Thursday, August 2, 2018

'MUD BRICK MANHATTAN' ON THE NILE
HAD HIGH-RISE COMMERCE TOWERS



ONE of the most beautiful sculptures of Antinous comes from the Ancient Egyptian the city of Naukratis, which experts now say was a major Greek trading port on a branch of the Nile River with high-rise towers of commerce.

It is possible that Hadrian and Antinous visited this bustling trade center in 130 AD ... and a gorgeous marble head of Antinous wearing a myrtle wreath sacred, myrtle being sacred to Aphrodite and there being a well-known shrine to Aphrodite in Naukrates, which was located on the west arm of the Nile not to far upstream from Canopus and Hierakleion.

Archaeologists had thought that they had found everything there was to find in the ruins of this ancient city. 

But a new excavation by the British Museum has turned up thousands of new artifacts and revealed an even bigger, bustling city, of "tower houses" that stood three to six stories tall.

Naukratis was "a mud-brick Manhattan" with a population of around 16,000, the project's leader told the Guardian

Among the new finds were wood from Greek ships … evidence backing up Herodotus' description of the city as a port served by cargo ships, even though it's fairly far inland from the Mediterranean Sea.

Just as London on the Thames has a lively port with access to the English Channel, Naukratis was a major Nile port with access to the sea.  

The excavation also turned up construction materials, two temple sites, and revealed the city's harbor location. 

To top that off, the team found Egyptian figurines associated with a "festival of drunkenness," the Guardian says.

Naukratis was first rediscovered more than 130 years ago, by British Egyptologist William Matthew Flinders Petrie. The city was one of the most sought after ancient places, but no one was quite sure where it had been located.

Petrie found it essentially by accident. Setting out from Cairo, he happened upon the right spot, where, he wrote:

The whole ground is thick with early Greek pottery, and it seemed almost a sacrilege to walk over the heaps with the fine lustrous black ware crunching under one[’]s boots. Pieces with fret pattern, honeysuckle pattern, heads, arms, legs of figures, horses, & such like lovely things were soon picked up; both in black figures on an orange ground, & red figures on a black ground, mostly with incised outlines. It seemed as if I was wandering in the smashings of the Museum vase-rooms.

After extensive early excavations, it seemed like most of those treasure had been gathered up … such as the stunning Antinous Naukratis head. 

But as the new excavation proved, there was plenty more to be discovered.

Naukrates was a Greek colony in Egypt dating back to the 6th Century BC ... the 26th Dynasty, that age of "recon" revival in all things lovely and magical. 

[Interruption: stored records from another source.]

//! The templates of a layout table.

ghost use Rattle.std.specs.Prelude.{◌≡◌, ◌≤◌, ◌<◌, ◌+◌, List, ℕ, IfOk, IfSome, IfNone, length, map, true, false};
ghost use Rattle.t7_records.specs.Records.{record_at};
ghost use Rattle.t7_layout.specs.Faults.{IsValid};
ghost use Rattle.t7_layout.specs.Images.{blank};
ghost use Rattle.t7_layout.specs.Layouts.{IsLayout, Layout, Place};
ghost use Rattle.t7_layout.specs.Lookups.{find_field, is_layout_of, is_place, role_of_layout};
ghost use Rattle.t7_layout.specs.Rows.{ends};
ghost use Rattle.t7_layout.specs.Tables.{layout_at, table_of};

use crate::checks::start_of;
use crate::fields::{FieldRef, fields_of, names_of};
use crate::images::image_of;
use crate::roles::{FieldName, Role};
use crate::rows::*;
use crate::words::Family;
use std::alloc::{AllocError, Global};
use std::marker::Model;
use t7_records::Records;

/// A template: a kind of message, with its fields in order. It stands for one message of the message layout tables.
#[derive(Drop)]
pub struct Template {
    family: Family,
    id: u16,
    name: String,
    size: usize,
    names: Vec<Vec<u8>>,
    fields: Vec<FieldRef>,
    role: Option<Role>,
    image: Vec<u8>,
}

impl Model for Template {
    ghost use Rattle.std.specs.Prelude.{map};
    ghost use Rattle.std.specs.String.{string_bytes};
    ghost use Rattle.t7_layout.specs.Layouts.{Layout};

    ghost Value = { Layout };

    ghost view = { λ a. record { family = a.family; id = a.id; name = string_bytes a.name; size = a.size; names = map (λ n. n.items) a.names.items; fields = a.fields.items } };

    ghost use Rattle.t7_layout.specs.Inside.{IsTemplate};

    ghost invariant = { λ a. IsTemplate (record { family = a.family; id = a.id; name = string_bytes a.name; size = a.size; names = map (λ n. n.items) a.names.items; fields = a.fields.items }) a.role a.image.items };
}

impl Template {
    /// Whether it is a message of order entry or of market data.
    pub fn family(&self) -> Family
        ensures { result ≡ self.now.family }
    {
        self.family
    }

    /// The number by which a message names it, from 1 to 65,535. No two templates of one family share it.
    pub fn id(&self) -> u16
        ensures { result ≡ self.now.id }
    {
        self.id
    }

    /// Its name: 1 to 40 ASCII letters, digits or underscores.
    pub fn name(&self) -> &str
        ensures { result.now ≡ self.now.name }
    {
        self.name.as_str()
    }

    /// How many bytes a message of it has at least: a multiple of 8, from 8 to 1,024.
    pub fn len(&self) -> usize
        ensures value { result ≡ self.now.size }
        ensures layout { IsLayout self.now }
    {
        self.size
    }

    /// The role that it has in the product, by its family and its name. None exactly where these are no role's.
    pub fn role(&self) -> Option<Role>
        ensures value { result ≡ role_of_layout self.now }
        ensures some { IfSome result (λ role. is_layout_of role self.now ≡ true) }
        ensures none { IfNone result ((role : Role) → is_layout_of role self.now ≡ false) }
    {
        self.role
    }

    /// The bytes of a message of it in which nothing is put: BodyLen says its length and TemplateID its id, and every
    /// other field has the number that stands for no value, or zeros where it has none.
    pub fn image(&self) -> &[u8]
        ensures { result.now ≡ blank self.now }
    {
        self.image.as_slice()
    }

    /// Its fields, in the order of their bytes.
    pub fn fields(&self) -> &[FieldRef]
        ensures { result.now ≡ self.now.fields }
    {
        self.fields.as_slice()
    }

    /// The field of a required name.
    pub(crate) fn field(&self, family: Family, name: FieldName) -> Option<FieldRef>
        ensures { result ≡ find_field family name self.now.names self.now.fields }
    {
        find_field(family, name, self.names.as_slice(), self.fields.as_slice())
    }
}

// Whether a field is the one of this name.
fn is_place(family: Family, name: FieldName, word: &[u8], field: FieldRef) -> bool
    ensures { result ≡ is_place family name word.now field }
{
    word == name.text()
        && same_kind(field.kind(), name.kind())
        && field.width() == name.width(family)
}

// The field of a required name.
fn find_field(
    family: Family,
    name: FieldName,
    names: &[Vec<u8>],
    fields: &[FieldRef],
) -> Option<FieldRef>
    ensures { result ≡ find_field family name (map (λ n. n.items) names.now) fields.now }
{
    for i in 0..names.len() {
        if i >= fields.len() {
            return None;
        }
        let field = fields[i];
        if is_place(family, name, names[i].as_slice(), field) {
            return Some(field);
        }
    }
    None
}

// The template whose last row is at a place, before the row at `end`.
fn template_at(alloc: Global, rows: &Records, at: usize, end: usize) -> Result<Template, AllocError>
    requires first { 0 < at }
    requires next { end ≡ at + 1 }
    requires inside { at < length rows.now }
    requires last { ends rows.now at ≡ true }
    requires valid { IsValid rows.now }
    ensures { IfOk result (λ t. t ≡ layout_at rows.now at) }
{
    let start = start_of(rows, at);
    let size = row_end(rows, at);
    let names = names_of(alloc, rows, start, end)?;
    let fields = fields_of(alloc, rows, start, end, size)?;
    let name = String::from_utf8_lossy(alloc, rows.cell(at, 2))?;
    let family = row_family(rows, at);
    let id = row_id(rows, at) as u16;
    let image = image_of(alloc, family, id, size as usize, &fields)?;
    Ok(Template {
        family,
        id,
        name,
        size: size as usize,
        names,
        fields,
        role: role_of(rows, at),
        image,
    })
}

/// The templates of valid records.
pub(crate) fn templates_of(alloc: Global, rows: &Records) -> Result<Vec<Template>, AllocError>
    requires { IsValid rows.now }
    ensures { IfOk result (λ v. v.items ≡ table_of rows.now) }
{
    let mut templates = Vec::new(alloc);
    for at in 1..rows.len() {
        if ends(rows, at) {
            templates.push(template_at(alloc, rows, at, at + 1)?)?;
        }
    }
    Ok(templates)
}
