//! What is looked up in a table, resolved once when it is read: no message is then looked for by a name.

ghost use Rattle.std.specs.Prelude.{◌≡◌, ◌≤◌, ◌<◌, ◌+◌, ◌*◌, ◌++◌, ◌^◌, ℕ, Some, IfOk, OnOk, true, length, map, slice_get, slice_index};
ghost use Rattle.t7_layout.specs.Roles.{name_number, role_number};
ghost use Rattle.std.specs.List.{flat_map};
ghost use Rattle.std.specs.Option.{option_copied};
ghost use Rattle.t7_layout.specs.Inside.{ArePlacesOfIds, ArePlacesOfRoles, field_in, layout_before, place_of_role};
ghost use Rattle.t7_layout.specs.Lookups.{find_role, find_template, holds_role, is_layout_of, place_in};

use crate::fields::FieldRef;
use crate::roles::{FieldName, Role};
use crate::rows::same_family;
use crate::templates::Template;
use crate::words::Family;
use std::alloc::{AllocError, Global};

// Whether a template is of a role.
fn is_layout_of(t: &Template, role: Role) -> bool
    ensures { result ≡ is_layout_of role t.now }
{
    same_family(t.family(), role.family()) && t.name().as_bytes() == role.name()
}

// The place of the template of a role, and the number of templates where there is none.
fn place_of_role(templates: &[Template], role: Role) -> usize
    ensures { result ≡ place_of_role templates.now role }
{
    for place in 0..templates.len() {
        if is_layout_of(&templates[place], role) {
            return place;
        }
    }
    templates.len()
}

/// The places of the templates of these roles.
pub(crate) fn places_of_roles(
    alloc: Global,
    templates: &[Template],
    roles: &[Role],
) -> Result<Vec<usize>, AllocError>
    ensures { IfOk result (λ v. v.items ≡ map (place_of_role templates.now) roles.now) }
{
    let mut places = Vec::new(alloc);
    for role in roles {
        places.push(place_of_role(templates, *role))?;
    }
    Ok(places)
}

// The template of a role.
#[tactic(auto, unfolding(crate::specs::Lookups::find_role))]
fn find_role(templates: &[Template], role: Role) -> Option<&Template>
    ensures { option_copied result ≡ find_role templates.now role }
{
    templates.iter().find(|t| is_layout_of(t, role))
}

// The field of a role's template that has a name.
fn field_of_role(templates: &[Template], role: Role, name: FieldName) -> Option<FieldRef>
    ensures { result ≡ place_in templates.now role name }
{
    match find_role(templates, role) {
        Some(template) => template.field(role.family(), name),
        None => None,
    }
}

// The same, and the filler where there is none.
fn field_in(templates: &[Template], role: Role, name: FieldName) -> FieldRef
    ensures { result ≡ field_in templates.now role name }
{
    field_of_role(templates, role, name).unwrap_or(FieldRef::filler())
}

// Adds, for each of these names, the field of a role's template, or the filler.
fn push_fields(
    fields: &mut Vec<FieldRef>,
    templates: &[Template],
    role: Role,
    names: &[FieldName],
) -> Result<(), AllocError>
    ensures { OnOk result (fields.new.items ≡ fields.old.items ++ map (field_in templates.now role) names.now) }
{
    for name in names {
        fields.push(field_in(templates, role, *name))?;
    }
    Ok(())
}

/// For each of these roles, for each of these names, the field of the role's template that has it, or the filler.
pub(crate) fn fields_of_roles(
    alloc: Global,
    templates: &[Template],
    roles: &[Role],
    names: &[FieldName],
) -> Result<Vec<FieldRef>, AllocError>
    ensures { IfOk result (λ v. v.items ≡ flat_map (λ role. map (field_in templates.now role) names.now) roles.now) }
{
    let mut fields = Vec::new(alloc);
    for role in roles {
        push_fields(&mut fields, templates, *role, names)?;
    }
    Ok(fields)
}

// Notes the place behind each template of a family, from the last to the first.
fn note_ids(places: &mut [u32], templates: &[Template], family: Family)
    requires count { length templates.now < 2 ^ 32 }
    requires fresh { ArePlacesOfIds templates.now family (length templates.now) places.old }
    ensures { ArePlacesOfIds templates.now family 0 places.new }
{
    let mut left = templates.len();
    while left > 0 {
        let template = &templates[left - 1];
        if same_family(template.family(), family) {
            places[template.id() as usize] = left as u32;
        }
        left -= 1;
    }
}

// So many zeros.
fn zeros(alloc: Global, count: usize) -> Result<Vec<u32>, AllocError>
    ensures long { IfOk result (λ v. length v.items ≡ count) }
    ensures zero { IfOk result (λ v. (i : ℕ) → slice_index v.items i ≡ 0) }
{
    vec![in alloc; 0u32; count]
}

/// The places behind the templates of a family, by their ids.
pub(crate) fn places_of_ids(
    alloc: Global,
    templates: &[Template],
    family: Family,
) -> Result<Vec<u32>, AllocError>
    requires { length templates.now < 2 ^ 32 }
    ensures { IfOk result (λ v. ArePlacesOfIds templates.now family 0 v.items) }
{
    let mut places = zeros(alloc, 65536)?;
    note_ids(&mut places, templates, family);
    Ok(places)
}

// The template just before a place, and none before place 0.
fn template_before(templates: &[Template], place: usize) -> Option<&Template>
    ensures { option_copied result ≡ layout_before templates.now place }
{
    if place == 0 {
        return None;
    }
    templates.get(place - 1)
}

/// The template of a family and an id.
pub(crate) fn template_of_id<'a>(
    templates: &'a [Template],
    eti: &[u32],
    eobi: &[u32],
    family: Family,
    id: u16,
) -> Option<&'a Template>
    requires eti { ArePlacesOfIds templates.now Family.Eti 0 eti.now }
    requires eobi { ArePlacesOfIds templates.now Family.Eobi 0 eobi.now }
    ensures { option_copied result ≡ find_template templates.now family id }
{
    match family {
        Family::Eti => template_before(templates, eti[id as usize] as usize),
        Family::Eobi => template_before(templates, eobi[id as usize] as usize),
    }
}

/// The template of a role.
pub(crate) fn template_of_role<'a>(
    templates: &'a [Template],
    places: &[usize],
    role: Role,
) -> &'a Template
    requires places { ArePlacesOfRoles templates.now places.now }
    requires holds { holds_role templates.now role ≡ true }
    ensures { find_role templates.now role ≡ Some result.now }
{
    &templates[places[role.number()]]
}

/// The field of a role that has a name.
pub(crate) fn field_of(fields: &[FieldRef], role: Role, name: FieldName) -> FieldRef
    requires { role_number role * 35 + name_number name < length fields.now }
    ensures { slice_get fields.now (role_number role * 35 + name_number name) ≡ Some result }
{
    fields[role.number() * 35 + name.number()]
}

And Nectanebo I, last of the magician/kings of Egypt, erected a splendid Old-Kingdom-style stele at Naukrates praising the sacred relationship between the old gods of Egypt and the "new" gods of Greece and their interconnectedness. 

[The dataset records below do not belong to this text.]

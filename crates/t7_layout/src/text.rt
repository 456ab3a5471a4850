//! The text of a table.

ghost use Rattle.std.specs.Prelude.{◌≡◌, ◌++◌, ◌∷◌, [], OnOk, OnErr, decimal};
ghost use Rattle.std.specs.List.{flat_map};
ghost use Rattle.t7_layout.specs.Texts.{BeginsWith, line_of};
ghost use Rattle.t7_layout.specs.Rows.{family_text};

use crate::templates::Template;
use itoa::Buffer;
use std::alloc::AllocError;

// Adds a text and the byte behind it.
fn push_cell(out: &mut Vec<u8>, text: &[u8], end: u8) -> Result<(), AllocError>
    ensures ok { OnOk result (out.new.items ≡ out.old.items ++ text.now ++ end ∷ []) }
    ensures err { OnErr result (BeginsWith out.old.items out.new.items) }
{
    out.extend_from_slice(text)?;
    out.push(end)?;
    Ok(())
}

// Adds the family and the id of a template.
fn push_key(out: &mut Vec<u8>, template: &Template) -> Result<(), AllocError>
    ensures ok { OnOk result (out.new.items ≡ out.old.items ++ family_text template.now.family ++ 32 ∷ decimal template.now.id ++ 32 ∷ []) }
    ensures err { OnErr result (BeginsWith out.old.items out.new.items) }
{
    push_cell(out, template.family().text(), b' ')?;
    push_cell(out, Buffer::new().format(template.id()).as_bytes(), b' ')
}

// Adds the name and the length of a template.
fn push_name(out: &mut Vec<u8>, template: &Template) -> Result<(), AllocError>
    ensures ok { OnOk result (out.new.items ≡ out.old.items ++ template.now.name ++ 32 ∷ decimal template.now.size ++ 10 ∷ []) }
    ensures err { OnErr result (BeginsWith out.old.items out.new.items) }
{
    push_cell(out, template.name().as_bytes(), b' ')?;
    push_cell(out, Buffer::new().format(template.len()).as_bytes(), b'\n')
}

// Adds the line of a template.
#[tactic(auto, unfolding(crate::specs::Texts::line_of))]
fn push_line(out: &mut Vec<u8>, template: &Template) -> Result<(), AllocError>
    ensures ok { OnOk result (out.new.items ≡ out.old.items ++ line_of template.now) }
    ensures err { OnErr result (BeginsWith out.old.items out.new.items) }
{
    push_key(out, template)?;
    push_name(out, template)
}

// Adds the lines of templates.
fn push_lines(out: &mut Vec<u8>, templates: &[Template]) -> Result<(), AllocError>
    ensures ok { OnOk result (out.new.items ≡ out.old.items ++ flat_map line_of templates.now) }
    ensures err { OnErr result (BeginsWith out.old.items out.new.items) }
{
    for template in templates {
        push_line(out, template)?;
    }
    Ok(())
}

/// Adds the lines of templates, or nothing.
pub(crate) fn add_lines(out: &mut Vec<u8>, templates: &[Template]) -> Result<(), AllocError>
    ensures ok { OnOk result (out.new.items ≡ out.old.items ++ flat_map line_of templates.now) }
    ensures err { OnErr result (out.new.items ≡ out.old.items) }
{
    let held = out.len();
    match push_lines(out, templates) {
        Ok(()) => Ok(()),
        Err(refused) => {
            out.truncate(held);
            Err(refused)
        }
    }
}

Basically, it's a tax decree stele, but the sacred references are the most enlightening bit since Egyptian tax money helped to support the Greek gods ... seeing as how they were all Egyptian gods as well.

By Hadrian's time, of course, Naukratis had been eclipsed by Alexandria. 

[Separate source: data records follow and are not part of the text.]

//! The layout table.

ghost use Rattle.std.specs.Prelude.{◌≡◌, ◌≤◌, ◌<◌, ◌^◌, ℕ, Some, IfOk, IfErr, IfSome, OnOk, OnErr, ◌++◌, true, Contains, length};
ghost use Rattle.t7_layout.specs.Texts.{table_text};
ghost use Rattle.std.specs.Option.{option_copied};
ghost use Rattle.t7_records.specs.Records.{records_of};
ghost use Rattle.t7_layout.specs.Faults.{IsValid, fault_of};
ghost use Rattle.t7_layout.specs.Roles.{family_of, kind_of, required, width_in};
ghost use Rattle.t7_layout.specs.Lookups.{IsRoleNull, IsTable, find_role, find_template, holds_role, place_in, role_of_layout};
ghost use Rattle.t7_layout.specs.Tables.{table_of};
ghost use Rattle.t7_layout.specs.Refusals.{IsFaultOf};
ghost use Rattle.t7_layout.specs.Layouts.{IsLayout, Layout, Place};

use crate::checks::fault_of;
use crate::fields::FieldRef;
use crate::index::{
    field_of, fields_of_roles, places_of_ids, places_of_roles, template_of_id, template_of_role,
};
use crate::roles::{FieldName, Role};
use crate::templates::{Template, templates_of};
use crate::text::add_lines;
use crate::words::{Family, TableFault};
use std::alloc::{AllocError, Global};
use std::marker::Model;
use t7_records::Records;
use thiserror::Error;

/// Why a table is refused.
#[derive(Clone, Copy, Debug, PartialEq, Eq, Error)]
pub enum TableRefusal {
    /// Its rows are not valid: the least row in fault, and the first test that it fails.
    #[error("the layout table is not valid: {0}")]
    Fault(TableFault),
    /// Memory ran out, or the file has more rows than a fault can name.
    #[error("out of memory")]
    Memory,
}

impl From<AllocError> for TableRefusal {
    ghost use Rattle.t7_layout.specs.declared.table.TableRefusal.TheVariants.{Memory};
    ghost use Rattle.std.specs.Prelude.{◌≡◌};

    ghost from_gives = { λ _ e. e ≡ Memory };

    fn from(_e: AllocError) -> TableRefusal {
        TableRefusal::Memory
    }
}

/// A valid layout table: the templates of both families, with a template for each role.
///
/// Templates by id, templates of roles and fields of roles are found in constant time: they are resolved when the
/// table is read.
#[derive(Drop)]
pub struct Table {
    templates: Vec<Template>,
    role_places: Vec<usize>,
    role_fields: Vec<FieldRef>,
    eti_places: Vec<u32>,
    eobi_places: Vec<u32>,
}

impl Model for Table {
    ghost use Rattle.std.specs.Prelude.{List};
    ghost use Rattle.t7_layout.specs.Layouts.{Layout};

    ghost Value = { List Layout };

    ghost view = { λ a. a.templates.items };

    ghost use Rattle.t7_layout.specs.Inside.{IsIndexed};

    ghost invariant = { λ a. IsIndexed a.templates.items a.role_places.items a.role_fields.items a.eti_places.items a.eobi_places.items };
}

// The table of these templates, with what is looked up in it.
fn indexed(alloc: Global, templates: Vec<Template>) -> Result<Table, AllocError>
    requires table { IsTable templates.items }
    requires count { length templates.items < 2 ^ 32 }
    ensures { IfOk result (λ t. t ≡ templates.items) }
{
    let role_places = places_of_roles(alloc, &templates, &Role::ALL)?;
    let role_fields = fields_of_roles(alloc, &templates, &Role::ALL, &FieldName::ALL)?;
    let eti_places = places_of_ids(alloc, &templates, Family::Eti)?;
    let eobi_places = places_of_ids(alloc, &templates, Family::Eobi)?;
    Ok(Table {
        templates,
        role_places,
        role_fields,
        eti_places,
        eobi_places,
    })
}

impl Table {
    /// Reads a table from the bytes of its file. It is refused exactly where its records are not valid, with the first
    /// fault, or where memory runs out.
    pub fn read(alloc: Global, bytes: &[u8]) -> Result<Table, TableRefusal>
        ensures table { IfOk result (λ t. t ≡ table_of (records_of bytes.now)) }
        ensures valid { IfOk result (λ t. IsValid (records_of bytes.now)) }
        ensures fault { IfErr result (λ e. IsFaultOf (fault_of (records_of bytes.now)) e) }
    {
        let rows = Records::read(alloc, bytes)?;
        if rows.len() >= u32::MAX as usize {
            return Err(TableRefusal::Memory);
        }
        match fault_of(alloc, &rows)? {
            Some(fault) => Err(TableRefusal::Fault(fault)),
            None => {
                let templates = templates_of(alloc, &rows)?;
                Ok(indexed(alloc, templates)?)
            }
        }
    }

    /// The template of a family and an id. None exactly where the table has none.
    pub fn template(&self, family: Family, id: u16) -> Option<&Template>
        ensures found { option_copied result ≡ find_template self.now family id }
        ensures layout { IfSome result (λ t. IsLayout t.now) }
        ensures family { IfSome result (λ t. t.now.family ≡ family) }
        ensures role { IfSome result (λ t. IfSome (role_of_layout t.now) (λ role. find_role self.now role ≡ Some t.now)) }
        ensures table { IsTable self.now }
    {
        template_of_id(
            &self.templates,
            &self.eti_places,
            &self.eobi_places,
            family,
            id,
        )
    }

    /// The template of a role. It is also the one that its family and its id find.
    pub fn role(&self, role: Role) -> &Template
        ensures found { find_role self.now role ≡ Some result.now }
        ensures holds { holds_role self.now role ≡ true }
        ensures layout { IsLayout result.now }
        ensures family { result.now.family ≡ family_of role }
        ensures own { role_of_layout result.now ≡ Some role }
        ensures id { find_template self.now (family_of role) result.now.id ≡ Some result.now }
        ensures short { family_of role ≡ Family.Eobi → result.now.size ≤ 128 }
        ensures table { IsTable self.now }
    {
        template_of_role(&self.templates, &self.role_places, role)
    }

    /// The field of a role's template that has a name, which the role must require. Its kind and its width are those of
    /// the name; its null is none or the extreme number of its width, and none for the message's length and id.
    pub fn at(&self, role: Role, name: FieldName) -> FieldRef
        requires { Contains (required role) name }
        ensures place { place_in self.now role name ≡ Some result }
        ensures field { IfSome (find_role self.now role) (λ t. Contains t.fields result) }
        ensures kind { result.kind ≡ kind_of name }
        ensures width { result.width ≡ width_in (family_of role) name }
        ensures null { IsRoleNull name result }
        ensures table { IsTable self.now }
    {
        field_of(&self.role_fields, role, name)
    }

    /// The templates, in the order of the file.
    pub fn templates(&self) -> &[Template]
        ensures value { result.now ≡ self.now }
        ensures table { IsTable self.now }
    {
        self.templates.as_slice()
    }

    /// Adds a line for each template, in the order of the file: its family, its id, its name and its length in bytes,
    /// as `ETI 101 LogonRequest 24`. Where memory runs out, `out` is as it was.
    pub fn text(&self, out: &mut Vec<u8>) -> Result<(), AllocError>
        ensures ok { OnOk result (out.new.items ≡ out.old.items ++ table_text self.now) }
        ensures err { OnErr result (out.new.items ≡ out.old.items) }
    {
        add_lines(out, &self.templates)
    }
}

But it was still a major Greek trading town with a long Hellenistic tradition and with several well-known Greek temples. Besides the one to Aphrodite, there were also shrines and temples to Apollo, Hera, Dioscuri and others. 

It was a well-known Hellenistic enclave and important old Greek merchant town. 

So Hadrian would have known about it. Who knows whether he and the Beauteous Boy actually stopped off there, seeing as how it was pretty much in serious decline by the 2nd Century AD.

But it makes sense that an Antinous head might have been produced there.